Hacker News new | ask | show | jobs
by WorldMaker 1257 days ago
ULIDs are sorted semantically different from UUIDs. UUIDs have 6+ different sort orders depending on who you ask and which library call you make. All of those sort orders are different from what you'd get just string forms of UUIDs. There are cross-platform sorting endian issues due to the struct order that GUIDs were originally designed to be grouped by.

ULIDs have a single, consistent sort that matches both byte patterns and string representation. That's a huge semantic difference.

Sure, ULIDs make no claims to accurate sorting or total ordering or monoticity beyond a single machine, but ULIDs aren't designed to be a Snowflake/Thrift replacement, they are designed to be a UUID replacement. You are correct that they make no more guarantees than UUIDs, but they don't have to, that was out of scope of their design. I can understand how that makes it less useful for some of your applications, but that doesn't make it not useful for all sort of applications. (Including many applications that once used UUIDs successfully but want something with a cleaner string representation and fewer cross-platform sorting headaches.)

1 comments

ulid1 < ulid2 does not reliably tell you anything about the ordering of events one and two (without careful architecture most systems don’t have), but people read the spec and want to believe that it does. I think this makes the provisions for sorting more misleading than helpful.

It would help if the spec talked about clock skew and other issues to design and test for; ordering has a heavy cost.

You still seem to be assuming that the only reason to sort IDs is a total ordering of events. There are plenty of other reasons someone may want a good enough partial order of events or a sortable ID of things that aren't events in a system.

It might help if the spec mentioned things like clock skew and distributed time keeping, but mostly just to state that those problems are out of scope of the spec itself. You are right, ULID itself wasn't designed for those specific classes of problems. I think you are just too easily dismissing the classes of problems that ULID does solve reliably well.

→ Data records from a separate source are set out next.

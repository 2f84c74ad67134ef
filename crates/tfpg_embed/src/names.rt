//! The names of a graph and their indexes.

ghost use Rattle.std.specs.Prelude.{◌≡◌, length, option_and_then, option_map, slice_get, unwrap_or};
ghost use Rattle.tfpg_graph.specs.Graph.{failure_at, name_at, node_named, position_of_failure};
ghost use Rattle.tfpg_embed.specs.Names.{answer_of_index, answer_of_name, index_in, name_in, room_after_name};

use crate::answer::{TfpgAnswer, plain};
use crate::kinds::{FAILURE_NAME, MODE_NAME, NODE_NAME};
use crate::room::put_text;
use crate::status::{DONE, NO_SUCH};
use tfpg_graph::Graph;

/// Writes the name of what has this index to the front of the room, if it fits.
pub(crate) fn put_name(graph: &Graph, kind: u32, index: u32, room: &mut [u8]) -> TfpgAnswer
    ensures answer { result ≡ answer_of_name (name_in graph.now kind index) (length room.old) }
    ensures room { room.new ≡ room_after_name (name_in graph.now kind index) room.old }
{
    match name_in(graph, kind, index) {
        Some(name) => put_text(name, room),
        None => plain(NO_SUCH),
    }
}

/// Writes the index of what has this name.
pub(crate) fn put_index(graph: &Graph, kind: u32, name: &[u8], index: &mut u32) -> TfpgAnswer
    ensures answer { result ≡ answer_of_index (index_in graph.now kind name.now) }
    ensures index { index.new ≡ unwrap_or (index_in graph.now kind name.now) index.old }
{
    match index_in(graph, kind, name) {
        Some(found) => {
            *index = found;
            plain(DONE)
        }
        None => plain(NO_SUCH),
    }
}

/// The name of what has this index.
fn name_in(graph: &Graph, kind: u32, index: u32) -> Option<&[u8]>
    ensures { option_map (λ name. name.now) result ≡ name_in graph.now kind index }
{
    if kind == NODE_NAME {
        node_name(graph, index)
    } else if kind == FAILURE_NAME {
        failure_name(graph, index)
    } else if kind == MODE_NAME {
        mode_name(graph, index)
    } else {
        None
    }
}

/// The name of a node.
pub(crate) fn node_name(graph: &Graph, node: u32) -> Option<&[u8]>
    ensures { option_map (λ name. name.now) result ≡ name_at graph.now node }
{
    if node < graph.node_count() {
        Some(graph.name(node))
    } else {
        None
    }
}

/// The name of the failure mode at this position.
fn failure_name(graph: &Graph, position: u32) -> Option<&[u8]>
    ensures { option_map (λ name. name.now) result ≡ option_and_then (name_at graph.now) (failure_at graph.now position) }
{
    if position < graph.failure_count() {
        Some(graph.name(graph.failure_node(position)))
    } else {
        None
    }
}

/// The name of a mode.
pub(crate) fn mode_name(graph: &Graph, mode: u32) -> Option<&[u8]>
    ensures { option_map (λ name. name.now) result ≡ slice_get graph.now.modes mode }
{
    if mode < graph.mode_count() {
        Some(graph.mode_name(mode))
    } else {
        None
    }
}

/// The index of what has this name.
fn index_in(graph: &Graph, kind: u32, name: &[u8]) -> Option<u32>
    ensures { result ≡ index_in graph.now kind name.now }
{
    if kind == NODE_NAME {
        graph.find(name)
    } else if kind == FAILURE_NAME {
        failure_named(graph, name)
    } else if kind == MODE_NAME {
        graph.find_mode(name)
    } else {
        None
    }
}

/// The position of the failure mode of this name.
fn failure_named(graph: &Graph, name: &[u8]) -> Option<u32>
    ensures { result ≡ option_and_then (position_of_failure graph.now) (node_named graph.now name.now) }
{
    graph.is_always_valid();
    graph.place_of(graph.find(name)?)
}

I admit I don’t see the use case for IDs that are mostly ascending.
If you are curious, just some of them:

- UIs that want minimal visual thrashing in "user time" (wall clock time)

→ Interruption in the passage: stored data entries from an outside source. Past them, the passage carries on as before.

//! Laws about the definitions of this crate: public functions that do nothing.

ghost use Rattle.std.specs.Prelude.{◌≡◌, ◌∷◌, [], ℕ, List, All, None, Option, Some, flat_map};
ghost use Rattle.tfpg_base.specs.Lines.{HasNoLineEnd, lines_of, with_line_end};
ghost use Rattle.tfpg_base.specs.declared.terms.Terms.{Terms};
ghost use Rattle.tfpg_graph.specs.Graph.{Tfpg};
ghost use Rattle.tfpg_graph.specs.Valid.{IsValid};
ghost use Rattle.tfpg_graph.specs.declared.cause.GraphCause.{GraphCause};
ghost use Rattle.tfpg_log.specs.declared.refused_line.RefusedLine.{RefusedLine};
ghost use Rattle.tfpg_check.specs.declared.cause.CheckCause.{CheckCause};
ghost use Rattle.tfpg_diagnose.specs.texts.Opening.{GivesGraphOf};
ghost use Rattle.tfpg_diagnose.specs.texts.Reports.{IsReportOfTexts};
ghost use Rattle.tfpg_diagnose.specs.texts.Sessions.{SessionRepresents, SessionState};
ghost use Rattle.tfpg_embed.specs.Causes.{check_cause_number, graph_cause_number};
ghost use Rattle.tfpg_embed.specs.EventLines.{no_name};
ghost use Rattle.tfpg_embed.specs.Names.{index_in, name_in};
ghost use Rattle.tfpg_embed.specs.Results.{last_time, why_number};
ghost use Rattle.tfpg_embed.specs.declared.kinds.TheConstants.{NODE_NAME, FAILURE_NAME, MODE_NAME, ALARM, SILENT, SWEEP, TICK, MODE};
ghost use Rattle.tfpg_embed.specs.declared.status.TheConstants.{DONE, NOT_ACCEPTED, OUT_OF_RANGE, BAD_GRAPH, TOO_MANY_HYPOTHESES, TOO_MUCH_INPUT, NO_MEMORY, ROOM_TOO_SMALL, ENDED, NO_SUCH, BAD_MAP, FULL_GRAPH};

use tfpg_graph::laws::a_node_is_found_by_its_name;

/// A law: the statuses and the kinds of names and of events are these numbers; a number says one cause of a graph, and one of a report; and a
/// number with its time says one thing that a line came to. The numbers of causes are the rows of `graph_cause_number`,
/// `check_cause_number` and `why_number`. `include/tfpg.h` has all of them once more, and `tools/checks/c/embed.sh` compares them.
pub fn each_number_says_one_thing()
    ensures statuses { DONE ∷ NOT_ACCEPTED ∷ OUT_OF_RANGE ∷ BAD_GRAPH ∷ TOO_MANY_HYPOTHESES ∷ TOO_MUCH_INPUT ∷ NO_MEMORY ∷ ROOM_TOO_SMALL ∷ ENDED
        ∷ NO_SUCH ∷ BAD_MAP ∷ FULL_GRAPH ∷ [] ≡ 0 ∷ 1 ∷ 2 ∷ 3 ∷ 4 ∷ 7 ∷ 8 ∷ 9 ∷ 10 ∷ 11 ∷ 12 ∷ 13 ∷ [] }
    ensures name_kinds { NODE_NAME ∷ FAILURE_NAME ∷ MODE_NAME ∷ [] ≡ 1 ∷ 2 ∷ 3 ∷ [] }
    ensures event_kinds { ALARM ∷ SILENT ∷ SWEEP ∷ TICK ∷ MODE ∷ [] ≡ 1 ∷ 2 ∷ 3 ∷ 4 ∷ 5 ∷ [] }
    ensures graph_causes { (cause other : GraphCause) → graph_cause_number cause ≡ graph_cause_number other → cause ≡ other }
    ensures report_causes { (cause other : CheckCause) → check_cause_number cause ≡ check_cause_number other → cause ≡ other }
    ensures refusals { (why other : Option RefusedLine) → why_number why ≡ why_number other → last_time why ≡ last_time other → why ≡ other }
{}

/// A law: in a valid graph what has a name is found by it, and what is found by a name has it. So `tfpg_index` and `tfpg_name` lead to each
/// other.
pub fn names_and_indexes_lead_to_each_other()
    ensures found { (graph : Tfpg) (kind index : ℕ) (name : List ℕ) → IsValid graph →
        name_in graph kind index ≡ Some name → index_in graph kind name ≡ Some index }
    ensures named { (graph : Tfpg) (kind index : ℕ) (name : List ℕ) →
        index_in graph kind name ≡ Some index → name_in graph kind index ≡ Some name }
{
    a_node_is_found_by_its_name();
}

/// A law: in a valid graph nothing has the word as its name that stands in the line of an event for the name of what there is not.
pub fn nothing_has_the_word_for_no_name()
    ensures { (graph : Tfpg) (kind : ℕ) → IsValid graph → index_in graph kind no_name ≡ None }
{
    a_node_is_found_by_its_name();
}

/// A law: lines that have no line end inside are the lines of the text in which each is followed by one. So what a session returned for them,
/// its first line and then the blocks, is a report of that text.
pub fn a_session_of_lines_is_of_their_text()
    ensures lines { (lines : List (List ℕ)) → All HasNoLineEnd lines → lines_of (flat_map with_line_end lines) ≡ lines }
    ensures report { (graph_text : List ℕ) (graph : Tfpg) (terms : Terms) (lines : List (List ℕ)) (bytes : List ℕ) (session : SessionState) →
        GivesGraphOf graph_text graph → SessionRepresents graph terms lines bytes session → All HasNoLineEnd lines →
        IsReportOfTexts graph_text terms (flat_map with_line_end lines) bytes }
{}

- Databases and B-Trees and other storage with primary key indexes/clusters that offer slightly better writes/clustering for "roughly but not necessarily exactly in order insertions": key/value stores, document databases, SQL databases

Wall clock time is plenty of time for a UI to rely on a partial ordering.

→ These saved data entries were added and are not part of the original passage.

//! What a call answers, as C sees it.

ghost use Rattle.std.specs.Prelude.{◌≡◌, ◌%◌, ◌/◌, ◌^◌};
ghost use Rattle.tfpg_embed.specs.Answers.{answer_of_ask_fault, answer_of_check_fault, answer_of_event_fault, answer_of_explain_fault, answer_of_open_fault, answer_of_predict_fault, answer_of_probe_fault, answer_of_report_fault, answer_with, counted, graph_refused, refused, too_many};
ghost use Rattle.tfpg_embed.specs.Causes.{check_cause_number, graph_cause_number};
ghost use Rattle.tfpg_embed.specs.declared.status.TheConstants.{FULL_GRAPH};

use crate::status::{
    BAD_GRAPH, BAD_MAP, ENDED, FULL_GRAPH, NO_MEMORY, NO_SUCH, NOT_ACCEPTED, OUT_OF_RANGE,
    TOO_MANY_HYPOTHESES, TOO_MUCH_INPUT,
};
use tfpg_answers::{AskTextsFault, ExplainTextsFault, PredictTextsFault, ProbeFault};
use tfpg_check::CheckCause;
use tfpg_diagnose::{CheckTextsFault, OpenFault, ReportFault};
use tfpg_engine::EventFault;
use tfpg_graph::{GraphCause, GraphFault};

/// How a call ended, and what there is to say of it. What a status says nothing of is 0.
#[repr(C)]
#[derive(Clone, Copy, PartialEq, Eq)]
pub struct TfpgAnswer {
    /// One of the constants of this crate.
    pub status: u32,
    /// Why a graph or a report is refused, as a number from 1 in the order of [`GraphCause`] or [`CheckCause`]. So it is where a graph has
    /// no room for a probe.
    pub cause: u32,
    /// At which line.
    pub line: u64,
    /// How many bytes a text has, how many rounds a report has, or the last 64 bits of a number of hypotheses.
    pub count: u64,
    /// The first 64 bits of a number of hypotheses.
    pub count_high: u64,
}

/// The answer with this status and nothing else.
pub(crate) fn plain(status: u32) -> TfpgAnswer
    ensures { result ≡ answer_with status }
{
    TfpgAnswer {
        status,
        cause: 0,
        line: 0,
        count: 0,
        count_high: 0,
    }
}

/// The answer with this status and count.
pub(crate) fn with_count(status: u32, count: u64) -> TfpgAnswer
    ensures { result ≡ counted status count }
{
    TfpgAnswer {
        status,
        cause: 0,
        line: 0,
        count,
        count_high: 0,
    }
}

/// The answer with this status, for what is refused with this cause at this line.
fn with_cause(status: u32, cause: u32, line: u64) -> TfpgAnswer
    ensures { result ≡ refused status cause line }
{
    TfpgAnswer {
        status,
        cause,
        line,
        count: 0,
        count_high: 0,
    }
}

/// The answer for a graph that is refused.
fn of_graph_fault(fault: GraphFault) -> TfpgAnswer
    ensures { result ≡ graph_refused fault }
{
    with_cause(BAD_GRAPH, number_of_graph_cause(fault.cause), fault.line)
}

/// The answer for so many hypotheses.
fn of_hypotheses(hypotheses: u128) -> TfpgAnswer
    ensures { result ≡ too_many hypotheses }
{
    TfpgAnswer {
        status: TOO_MANY_HYPOTHESES,
        cause: 0,
        line: 0,
        count: last_half(hypotheses),
        count_high: first_half(hypotheses),
    }
}

/// The last 64 bits of a number.
fn last_half(number: u128) -> u64
    ensures { result ≡ number % 2 ^ 64 }
{
    (number % 18_446_744_073_709_551_616) as u64
}

/// The first 64 bits of a number.
fn first_half(number: u128) -> u64
    ensures { result ≡ number / 2 ^ 64 }
{
    (number / 18_446_744_073_709_551_616) as u64
}

/// The answer where there is no report.
pub(crate) fn of_report_fault(fault: ReportFault) -> TfpgAnswer
    ensures { result ≡ answer_of_report_fault fault }
{
    match fault {
        ReportFault::OutOfRange => plain(OUT_OF_RANGE),
        ReportFault::Graph(fault) => of_graph_fault(fault),
        ReportFault::TooManyHypotheses { count } => of_hypotheses(count),
        ReportFault::TooMuchInput => plain(TOO_MUCH_INPUT),
        ReportFault::NoMemory => plain(NO_MEMORY),
    }
}

/// The answer where a report is not accepted.
pub(crate) fn of_check_fault(fault: CheckTextsFault) -> TfpgAnswer
    ensures { result ≡ answer_of_check_fault fault }
{
    match fault {
        CheckTextsFault::Graph(fault) => of_graph_fault(fault),
        CheckTextsFault::NotAccepted { line, cause } => {
            with_cause(NOT_ACCEPTED, number_of_check_cause(cause), line)
        }
        CheckTextsFault::TooManyHypotheses { count } => of_hypotheses(count),
        CheckTextsFault::TooMuchInput => plain(TOO_MUCH_INPUT),
        CheckTextsFault::NoMemory => plain(NO_MEMORY),
    }
}

/// The answer where there are no questions.
pub(crate) fn of_ask_fault(fault: AskTextsFault) -> TfpgAnswer
    ensures { result ≡ answer_of_ask_fault fault }
{
    match fault {
        AskTextsFault::OutOfRange => plain(OUT_OF_RANGE),
        AskTextsFault::TooMuchInput => plain(TOO_MUCH_INPUT),
        AskTextsFault::Graph(fault) => of_graph_fault(fault),
        AskTextsFault::TooManyHypotheses { count } => of_hypotheses(count),
        AskTextsFault::NoMemory => plain(NO_MEMORY),
    }
}

/// The answer where there are no forecasts.
pub(crate) fn of_predict_fault(fault: PredictTextsFault) -> TfpgAnswer
    ensures { result ≡ answer_of_predict_fault fault }
{
    match fault {
        PredictTextsFault::OutOfRange => plain(OUT_OF_RANGE),
        PredictTextsFault::TooMuchInput => plain(TOO_MUCH_INPUT),
        PredictTextsFault::Graph(fault) => of_graph_fault(fault),
        PredictTextsFault::Probe(fault) => of_probe_fault(fault),
        PredictTextsFault::TooManyHypotheses { count } => of_hypotheses(count),
        PredictTextsFault::NoMemory => plain(NO_MEMORY),
    }
}

/// The answer for a node that takes no probe.
fn of_probe_fault(fault: ProbeFault) -> TfpgAnswer
    ensures { result ≡ answer_of_probe_fault fault }
{
    match fault {
        ProbeFault::TooManyNodes => no_room_for(GraphCause::TooManyNodes),
        ProbeFault::TooManyEdges => no_room_for(GraphCause::TooManyEdges),
        ProbeFault::UnknownNode => plain(NO_SUCH),
    }
}

/// The answer for a graph that has no room for a probe, since this would be wrong with it.
fn no_room_for(cause: GraphCause) -> TfpgAnswer
    ensures { result ≡ refused FULL_GRAPH (graph_cause_number cause) 0 }
{
    with_cause(FULL_GRAPH, number_of_graph_cause(cause), 0)
}

/// The answer where there is no verdict.
pub(crate) fn of_explain_fault(fault: ExplainTextsFault) -> TfpgAnswer
    ensures { result ≡ answer_of_explain_fault fault }
{
    match fault {
        ExplainTextsFault::TooMuchInput => plain(TOO_MUCH_INPUT),
        ExplainTextsFault::Graph(fault) => of_graph_fault(fault),
        ExplainTextsFault::BadMap { line } => with_cause(BAD_MAP, 0, line),
        ExplainTextsFault::NoMemory => plain(NO_MEMORY),
    }
}

/// The answer where no session is opened.
pub(crate) fn of_open_fault(fault: OpenFault) -> TfpgAnswer
    ensures { result ≡ answer_of_open_fault fault }
{
    match fault {
        OpenFault::OutOfRange => plain(OUT_OF_RANGE),
        OpenFault::Graph(fault) => of_graph_fault(fault),
        OpenFault::TooManyHypotheses { count } => of_hypotheses(count),
        OpenFault::NoMemory => plain(NO_MEMORY),
    }
}

/// The answer where a line has no block.
pub(crate) fn of_event_fault(fault: EventFault) -> TfpgAnswer
    ensures { result ≡ answer_of_event_fault fault }
{
    match fault {
        EventFault::NoMemory => plain(NO_MEMORY),
        EventFault::Ended => plain(ENDED),
    }
}

/// The number of what is wrong with a graph.
fn number_of_graph_cause(cause: GraphCause) -> u32
    ensures { result ≡ graph_cause_number cause }
{
    match cause {
        GraphCause::BadHeader => 1,
        GraphCause::BadLine => 2,
        GraphCause::BadName => 3,
        GraphCause::DuplicateName => 4,
        GraphCause::UnknownName => 5,
        GraphCause::BadNumber => 6,
        GraphCause::NumberTooLarge => 7,
        GraphCause::MinOverMax => 8,
        GraphCause::EdgeIntoFailure => 9,
        GraphCause::SelfEdge => 10,
        GraphCause::DuplicateEdge => 11,
        GraphCause::NoModes => 12,
        GraphCause::NoIncoming => 13,
        GraphCause::ZeroCycle => 14,
        GraphCause::TooManyNodes => 15,
        GraphCause::TooManyFailures => 16,
        GraphCause::TooManyEdges => 17,
        GraphCause::TooManyModes => 18,
        GraphCause::TooManyIncoming => 19,
        GraphCause::MissingEnd => 20,
        GraphCause::AfterEnd => 21,
    }
}

/// The number of why a report is refused.
fn number_of_check_cause(cause: CheckCause) -> u32
    ensures { result ≡ check_cause_number cause }
{
    match cause {
        CheckCause::AfterClosed => 1,
        CheckCause::NotReusable => 2,
        CheckCause::NotAClause => 3,
        CheckCause::NotAFact => 4,
        CheckCause::NotOnPath => 5,
        CheckCause::Unchained => 6,
        CheckCause::NotNegative => 7,
        CheckCause::BadReport => 8,
        CheckCause::Surplus => 9,
        CheckCause::WrongRound => 10,
        CheckCause::WrongHypothesis => 11,
        CheckCause::WrongRanked => 12,
        CheckCause::NotATrace => 13,
        CheckCause::WrongOpen => 14,
        CheckCause::WrongRejected => 15,
        CheckCause::WrongStatus => 16,
        CheckCause::WrongCounts => 17,
        CheckCause::EndsEarly => 18,
        CheckCause::BadMap => 19,
        CheckCause::BadScript => 20,
    }
}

Databases are generally designed for arbitrary order insertions, it's just common that they are most optimized/efficient for "roughly in-order". A partial order is generally good enough to opt-in to most of the optimizations/efficiencies and reduce worst cases, especially if the "out-of-order" insertions occur below wall clock time and things like journaling-based transaction semantics versus competing with clustered inserts, reindexing scanners/services, and so forth.